Indonesia’s Constitutional Court has thrown its resource investment environment into further turmoil by declaring that the country’s own oil and gas licensing agency and regulator is unconstitutional.
The regulator, BPMigas, was disbanded as of yesterday and the national government hurriedly announced that the Energy and Mineral Resources department would take over its role in administering 302 production sharing contracts.
The chairman of the now-defunct agency, Raden Priyono, said ongoing negotiations with foreign companies, including a proposed $12 billion investment by resource giant British Petroleum (BP) for an expanded natural gas facility in Papua, would now stall.
Contracts for licenses worth $70 billion which companies had signed with BPMigas were also now in doubt, he said, though other commentators played this down.
BPMigas was set up by the newly democratic Indonesia in 2001 as an independent statutory authority to replace the regulation and licensing function of state-owned oil producer, Pertamina, which had become hopelessly corrupted under the Suharto regime.
BPMigas has no link to the oil company BP.
But despite being a government agency, BPMigas has run afoul of growing nationalist sentiment, with the belief afoot that it was awarding too many lucrative contracts to foreign companies and cheating the Indonesian people out of income. The court case was brought by 42 community and Islamic groups.

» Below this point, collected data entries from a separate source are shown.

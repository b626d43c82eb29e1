// Assembling and listing.
ghost use Rattle.simp.specs.Assembly.{Assembles, Lists};

use assembler::assemble;
use lister::list;
use text::outcomes::{counted, done};

// Assembles a text into an image and a data memory.
pub fn simp_assemble(source: &[u8], image: &mut [u64], memory: &mut [u32], place: &mut u64) -> u32
    ensures { Assembles source.now image.old memory.old result image.new memory.new place.new }
{
    let outcome = done(assemble(source, image, memory));
    *place = outcome.place as u64;
    outcome.number
}

// Lists words into the front of a text.
pub fn simp_list(words: &[u64], text: &mut [u8], count: &mut u64, place: &mut u64) -> u32
    ensures { Lists words.now text.old result text.new count.new place.new }
{
    let outcome = counted(list(words, text));
    *count = outcome.count as u64;
    *place = outcome.place as u64;
    outcome.number
}
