// The command `resume`: a run that goes on where another stopped.
// Stays (4, 5, 6, 7): the arguments' places are the command's order, so each file has its own line.
ghost use Rattle.std.specs.Prelude.{◌≡◌, true, ◌+◌, ◌^◌, ◌<◌};
ghost use Rattle.files.specs.Irq2File.{rising};
ghost use Rattle.machine.specs.Soundness.{Sound};

use crate::report::{say_log_unwritten, say_stop};
use crate::start::{is_log_without_record, start_at, start_frame, start_record};
use crate::writing_back::write_back;
use long_run::{Sink, run_on};
use machine::Record;
use memories::{
    clashes_with_one, drop_at, end_at, load_data_at, load_disk_at, load_image_at, load_irq2_at,
    more_at, names_clash, read_budget,
};

// Reads the instruction file, the file of data, the disk, the frame, the saved record, the irq2 file and the budget that the arguments from `first`
// on name or give, runs on, and writes the memories and the record back. The log goes to the end of the file that the last argument names.
pub fn resume(rt: HostRuntime, first: usize)
    requires { first + 8 < 2 ^ 64 }
{
    if has_clash(rt, first) {
        return;
    }
    let _ = resume_files(rt, first);
}

// The same with names that do not clash; none where it is not done, as is said. (Not inlined, so that the memories have room on the stack only in a
// resumed run.)
#[inline(never)]
fn resume_files(rt: HostRuntime, first: usize) -> Option<()>
    requires { first + 8 < 2 ^ 64 }
{
    let budget = read_budget(rt, first + 6)?;
    let mut image = [0u64; 4096];
    let mut cycles = [0u64; 16384];
    load_image_at(rt, first, &mut image)?;
    let n = load_irq2_at(rt, first + 5, &mut cycles)?;
    resume_image(rt, first, &image, &cycles[..n], budget)
}

// Whether one of the files that are written has the name of another file: the four after the instruction file, which is read, and the log; the
// irq2 file is read too, and what stands between it and the log is a number.
fn has_clash(rt: HostRuntime, first: usize) -> bool
    requires { first + 8 < 2 ^ 64 }
{
    names_clash(rt, first, 1, 5)
        || clashes_with_one(rt, first + 5, first + 1, 4)
        || clashes_with_one(rt, first + 7, first, 6)
}

// The same with the image and the irq2 list.
fn resume_image(
    rt: HostRuntime,
    first: usize,
    image: &[u64; 4096],
    irq2: &[u64],
    budget: u64,
) -> Option<()>
    requires { (first + 8 < 2 ^ 64) × (rising irq2.now ≡ true) }
{
    let mut memory = [0u32; 4096];
    let mut disk = [0u32; 16384];
    let mut frame = [0u8; 65536];
    load_data_at(rt, first + 1, &mut memory)?;
    load_disk_at(rt, first + 2, &mut disk)?;
    let start = start_at(rt, first + 4);
    if is_log_without_record(rt, first + 7, start) {
        return None;
    }
    start_frame(rt, first + 3, start, &mut frame)?;
    let state = start_record(rt, first + 4, start)?;
    run_more(
        rt,
        first,
        state,
        image,
        &mut memory,
        &mut disk,
        &mut frame,
        irq2,
        budget,
    )
}

// Runs on, its log going to the end of a file.
fn run_more(
    rt: HostRuntime,
    first: usize,
    state: Record,
    image: &[u64; 4096],
    memory: &mut [u32; 4096],
    disk: &mut [u32; 16384],
    frame: &mut [u8; 65536],
    irq2: &[u64],
    budget: u64,
) -> Option<()>
    requires { (first + 8 < 2 ^ 64) × (rising irq2.now ≡ true) × Sound state.core state.regs state.io }
{
    let log = more_at(rt, first + 7);
    if log.is_none() {
        return None;
    }
    let end = run_on(
        rt,
        state,
        image,
        memory,
        disk,
        frame,
        irq2,
        budget,
        Sink::Whole(&log),
    );
    if !end.written {
        drop_at(rt, first + 7, log);
        say_log_unwritten(rt);
        return None;
    }
    let then = end.state;
    let whole = end_at(rt, first + 7, log);
    if write_back(rt, first, whole, then, memory, disk, frame) {
        say_stop(rt, then.core);
    }
    Some(())
}
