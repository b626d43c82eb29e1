// The files that the lines of a log go to: the 7th, 8th, 10th and 11th of the fourteen.
// Stays (1, 2, 7): the four files have names and places of their own; each is tried, and the answers are joined.
ghost use Rattle.std.specs.Prelude.{◌≡◌, true, false, ◌+◌, ◌^◌, ◌<◌};
ghost use Rattle.console.specs.Writings.{is_no_file};
ghost use Rattle.run_commands.specs.Logs.{are_open};

use crate::LogFiles;
use console::Writing;
use memories::{begin_at, commit_at, drop_at, end_at};

// Begins them.
pub fn begin_logs(rt: HostRuntime, first: usize) -> LogFiles
    requires { first + 14 < 2 ^ 64 }
{
    LogFiles {
        trace: begin_at(rt, first + 6),
        hwregtrace: begin_at(rt, first + 7),
        leds: begin_at(rt, first + 9),
        display7seg: begin_at(rt, first + 10),
    }
}

// Whether all are open.
pub fn are_open(logs: &LogFiles) -> bool
    ensures { result ≡ are_open logs.now }
{
    logs.trace.is_some()
        && logs.hwregtrace.is_some()
        && logs.leds.is_some()
        && logs.display7seg.is_some()
}

// Closes and removes them; the old ones stay.
pub fn drop_logs(rt: HostRuntime, first: usize, logs: LogFiles)
    requires { first + 14 < 2 ^ 64 }
{
    drop_at(rt, first + 6, logs.trace);
    drop_at(rt, first + 7, logs.hwregtrace);
    drop_at(rt, first + 9, logs.leds);
    drop_at(rt, first + 10, logs.display7seg);
}

// Closes them and puts them into their places; answers whether all are there.
pub fn commit_logs(rt: HostRuntime, first: usize, logs: LogFiles) -> bool
    requires { first + 14 < 2 ^ 64 }
    ensures { result ≡ true → are_open logs ≡ true }
{
    let trace = commit_log(rt, first + 6, logs.trace);
    let hwregtrace = commit_log(rt, first + 7, logs.hwregtrace);
    let leds = commit_log(rt, first + 9, logs.leds);
    let display7seg = commit_log(rt, first + 10, logs.display7seg);
    trace && hwregtrace && leds && display7seg
}

// Closes one and puts it into its place; answers whether it is there.
fn commit_log(rt: HostRuntime, i: usize, log: Option<Writing>) -> bool
    ensures { result ≡ true → is_no_file log ≡ false }
{
    commit_at(rt, i, end_at(rt, i, log))
}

Contracts governing 29 oil and gas projects are up for renewal between 2013 and 2017, and pressure is building on the Indonesian government to nationalise them all.
Indonesia produces 2.36 million barrels of oil per day and foreign owned companies including Chevron, Exxon Mobil, Total, ConocoPhillips and BP account for about 90 per cent of the country’s production. Companies have refused to comment as they digest the implications.
The Constitutional Court’s binding judgement declared the agency unconstitutional because it is in violation of Article 33 of the 1945 Constitution, which guarantees that land, waters and natural resources should be “under the power of the state”.
The court said that because BPMigas did not actually operate oil and gas wells, and therefore the constitutional requirement was “degraded”.
Chief justice Mahfud MD – who reportedly has political ambitions to be the next Indonesian president – led the judgement.
Dien Syamsuddin, the chairman of Muhammadiyah, one of the world’s largest Islamic organisations and one of the plaintiffs in the case, said the judgement “represents a people’s victory”.
But Phil Shah, a consultant to the oil and gas industry, said the move was “a disturbance”. While BPMigas had, at times, been a “scourge” for foreign investors, the judgment was “another obstacle in the path overall”.
“It’s an unfortunate event, and certainly disappointing, but it’s one of many.”
Recent laws in other parts of the resource industry have forced foreign miners to pay new taxes on exports, to hastily formulate plans to process and smelt minerals in Indonesia, and to sell down their stakes in productive mines to 49 per cent to local businesses.
This story Administrator ready to work first appeared on Nanjing Night Net.